Some tables include too many attributes in their primary keys. For example, the stimulus condition in a psychophysics experiment may have a dozen parameters such that a change in any one of them makes a different valid stimulus condition. In such a case, all the attributes would need to be included in the primary key to ensure entity integrity. However, long primary keys make it difficult to reference individual entities. To be most useful, primary keys need to be relatively short.

This problem is effectively solved through the use of a hash of all the identifying attributes as the primary key. For example, MD5 or SHA-1 hash algorithms can be used for this purpose. To keep their representations human-readable, they may be encoded in base-64 ASCII. For example, the 128-bit MD5 hash can be represented by 21 base-64 ASCII characters, but for many applications, taking the first 8 to 12 characters is sufficient to avoid collisions.

auto_increment

Some entities are created by the very action of being entered into the database. The action of entering them into the database gives them their identity. It is impossible to duplicate them since entering the same thing twice still means creating two distinct entities.

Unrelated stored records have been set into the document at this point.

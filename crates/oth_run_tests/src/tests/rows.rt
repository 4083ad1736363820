//! Lines, each run by itself, and what is written of them.

mod answers;
mod faults;
mod moves;
mod scores;

use super::{NO_FAILURE, walk};
use oth_words::Settings;
use std::process::Abort;
use std::sync::Wait;
use std::thread::Threads;

// Runs each line by itself, a byte a read and a byte a write.
fn check_rows<R: Wait + Threads + Sync + AllocGlobal + Abort>(
    rt: &R,
    settings: &Settings,
    rows: &[(&[u8], &[u8])],
) {
    for (line, report) in rows {
        let done = walk(rt, settings, line, NO_FAILURE, NO_FAILURE);
        assert!(rt; done.result == Ok(()));
        assert!(rt; done.writer.taken() == *report);
    }
}
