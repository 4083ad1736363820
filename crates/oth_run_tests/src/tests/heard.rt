//! What a sink hears of each line that is answered: every number in its turn, and the line's fault, whose reply is
//! written already where faults are told.

ghost use Rattle.std.specs.Prelude.{◌≡◌, false};

use super::{NO_FAILURE, settings};
use oth_pool::Open;
use oth_rules::Scoring;
use oth_run::{ReportSink, run};
use oth_text::fakes::{BrokenSource, ByteSink};
use oth_text::{Failed, Fault, GameFault, LineFault, Sink, TranscriptFault};
use oth_words::{Command, Settings};
use std::process::Abort;
use std::sync::Wait;
use std::test::Fail;
use std::thread::Threads;

// A fault that was heard, with the number of its line.
type Heard = (u64, Fault);

// A faulty line: what is heard of it, and the end of its reply.
type Faulty = (Heard, &'static [u8]);

// A sink that is to hear of just these faults in their order, each behind its reply where it tells faults.
#[derive(Drop)]
struct Hearing<'w> {
    sink: ByteSink<512>,
    wanted: &'w [Faulty],
    tells: bool,
    // The number of lines, if each came in its turn.
    lines: Option<u64>,
    // The number of faults, and whether each was as wanted.
    faults: usize,
    is_as_wanted: bool,
}

impl<'w> Hearing<'w> {
    fn new(wanted: &'w [Faulty], tells: bool) -> Self
        ensures { ⟦<Hearing<'w> as Sink>⟧.failed result ≡ false }
    {
        Hearing {
            sink: ByteSink::new(NO_FAILURE),
            wanted,
            tells,
            lines: Some(0),
            faults: 0,
            is_as_wanted: true,
        }
    }
}

impl<'w> Sink for Hearing<'w> {
    ghost contents = { λ s. ⟦<ByteSink<512> as Sink>⟧.contents s.sink };

    ghost failed = { λ s. ⟦<ByteSink<512> as Sink>⟧.failed s.sink };

    ghost flushed = { λ s. ⟦<ByteSink<512> as Sink>⟧.flushed s.sink };

    fn write(&mut self, buffer: &[u8]) -> Result<usize, Failed> {
        self.sink.write(buffer)
    }

    fn flush(&mut self) -> Result<(), Failed> {
        self.sink.flush()
    }

    fn failed(&self) -> bool {
        self.sink.failed()
    }
}

impl<'w> ReportSink for Hearing<'w> {
    fn tells_faults(&self) -> bool {
        self.tells
    }

    fn answered(&mut self, number: u64, fault: Option<Fault>) {
        self.lines = match self.lines {
            Some(lines) if lines.saturating_add(1) == number => Some(number),
            _ => None,
        };
        let Some(fault) = fault else {
            return;
        };
        let is_wanted = match self.wanted.get(self.faults) {
            Some((heard, reply)) => {
                *heard == (number, fault) && (!self.tells || self.sink.taken().ends_with(reply))
            }
            None => false,
        };
        self.is_as_wanted = self.is_as_wanted && is_wanted;
        self.faults = self.faults.saturating_add(1);
    }
}

fn board(fault: LineFault) -> Fault {
    Fault::Game(GameFault::Board(fault))
}

fn moves(fault: TranscriptFault) -> Fault {
    Fault::Game(GameFault::Moves(fault))
}

const START: &str = "---------------------------OX------XO--------------------------- X";

const FULL: &str = "XXXXXXXXXXXXXXXXXXXXXXXXXXXXXXXXXXXXXXXXXXXXXXXXXXXXXXXXXXXXXXXX";

const BAD: &str = "XXXXXXXXXXXXXXXXXXXXXXXXXXXXXXXXXXXXXXXXXXXXXXXXXXXXXXXXXXXXXXX?";

// Whether a run tells its sink of seven lines in their order, and of just these faults; where `tells`, each behind its
// reply.
fn hears<R: Wait + Threads + Sync + AllocGlobal>(
    rt: &R,
    asked: &Settings,
    input: &[u8],
    wanted: &[Faulty],
    tells: bool,
) -> bool {
    let mut reader = BrokenSource::new(input, NO_FAILURE);
    let mut writer = Hearing::new(wanted, tells);
    let done = run(rt, rt.alloc(), &mut reader, &mut writer, asked, &Open, None);
    done.is_ok() && writer.lines == Some(7) && writer.is_as_wanted && writer.faults == wanted.len()
}

// The input has seven lines.
fn check<R: Wait + Threads + Sync + AllocGlobal + Abort>(
    rt: &R,
    command: Command,
    input: &str,
    wanted: &[Faulty],
) {
    for workers in [1, 2] {
        let asked = Settings {
            workers,
            ..settings(command, Scoring::Winner)
        };
        assert!(rt; hears(rt, &asked, input.as_bytes(), wanted, false));
        assert!(rt; hears(rt, &asked, input.as_bytes(), wanted, true));
    }
}

#[test]
fn each_fault_of_a_board_line_is_heard(rt: HostRuntime) -> Result<(), Fail> {
    let input = format!(in rt.alloc();
        "{START}\n{FULL} X\nX\n{BAD} X\n{FULL}_X\n{FULL} Y\n{FULL} O"
    )?;
    let wanted: [Faulty; 5] = [
        ((1, board(LineFault::Empties(60))), b"error 5 60\n"),
        ((3, board(LineFault::Length)), b"error 1\n"),
        ((4, board(LineFault::BadCell(64))), b"error 2 at 64\n"),
        ((5, board(LineFault::Space)), b"error 3\n"),
        ((6, board(LineFault::Mover)), b"error 4\n"),
    ];
    check(&rt, Command::Solve, input.as_str(), &wanted);
    check(&rt, Command::Scores, input.as_str(), &wanted);
    check(&rt, Command::Moves, input.as_str(), &wanted[1..]);
    Ok(())
}

#[test]
fn each_fault_of_moves_is_heard(rt: HostRuntime) -> Result<(), Fail> {
    let wanted: [Faulty; 4] = [
        (
            (2, Fault::Transcript(TranscriptFault::OddLength)),
            b"error 1\n",
        ),
        (
            (3, Fault::Transcript(TranscriptFault::BadPair(1))),
            b"error 2 at 1\n",
        ),
        (
            (5, Fault::Transcript(TranscriptFault::Illegal(2))),
            b"error 3 at 2\n",
        ),
        (
            (6, Fault::Transcript(TranscriptFault::Over(10))),
            b"error 4 at 10\n",
        ),
    ];
    let over = "e6f4e3f6g5d6e7f5c5a1";
    let input = format!(in rt.alloc(); "f5\nf5d\ni9\n\nf5f5\n{over}\nf5d6")?;
    check(&rt, Command::Transcript, input.as_str(), &wanted);
    let wanted: [Faulty; 5] = [
        ((1, board(LineFault::Space)), b"error 3\n"),
        ((2, moves(TranscriptFault::OddLength)), b"error 21\n"),
        ((4, moves(TranscriptFault::BadPair(2))), b"error 22 at 2\n"),
        ((5, moves(TranscriptFault::Illegal(2))), b"error 23 at 2\n"),
        ((6, moves(TranscriptFault::Over(1))), b"error 24 at 1\n"),
    ];
    let input = format!(in rt.alloc();
        "{FULL}_X\n{START} f5d\n{START} f5\n{START} f5i9\n{START} f5f5\n{FULL} X a1\n{START}"
    )?;
    check(&rt, Command::Play, input.as_str(), &wanted);
    Ok(())
}

// Faults 1 and 2 of a transcript have the numbers of faults of a board line, which are not meant.
#[test]
fn each_fault_of_a_game_is_heard(rt: HostRuntime) -> Result<(), Fail> {
    let wanted: [Faulty; 5] = [
        (
            (1, Fault::Transcript(TranscriptFault::OddLength)),
            b"1 error 1\n1 lost X 0 O 0\n",
        ),
        (
            (2, Fault::Transcript(TranscriptFault::BadPair(1))),
            b"2 error 2 at 1\n2 lost X 0 O 0\n",
        ),
        (
            (4, board(LineFault::Length)),
            b"4 error 1\n4 lost X 0 O 0\n",
        ),
        (
            (5, board(LineFault::BadCell(64))),
            b"5 error 2 at 64\n5 lost X 0 O 0\n",
        ),
        (
            (6, moves(TranscriptFault::Illegal(2))),
            b"6 error 23 at 2\n6 lost X 0 O 0\n",
        ),
    ];
    let input = format!(in rt.alloc(); "f5d\n..\nf5d6\nX\n{BAD} X\n{START} f5f5\n{FULL} X")?;
    check(&rt, Command::Analyse(8), input.as_str(), &wanted);
    Ok(())
}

In such cases, the use of an auto-incremented primary key is warranted. These are declared by adding the word auto_increment after the data type in the declaration. The datatype must be an integer. Then the database will assign incrementing numbers at each insert.

The example definition below defines an auto-incremented primary key

# log entries
entry_id  :  smallint auto_increment
---
entry_text :  varchar(4000)
entry_time = CURRENT_TIMESTAMP : timestamp(3)  # automatic timestamp with millisecond precision

DataJoint passes auto_increment behavior to the underlying MySQL and therefore it has the same limitation: it can only be used for tables with a single attribute in the primary key.

If you need to auto-increment an attribute in a composite primary key, you will need to do so programmatically within a transaction to avoid collisions.

For example, let’s say that you want to auto-increment scan_idx in a table called Scan whose primary key is (animal_id, session, scan_idx). You must already have the values for animal_id and session in the dictionary key. Then you can do the following:

U().aggr(Scan & key, next='max(scan_idx)+1')

# or

Session.aggr(Scan, next='max(scan_idx)+1') & key

Note that the first option uses a universal set.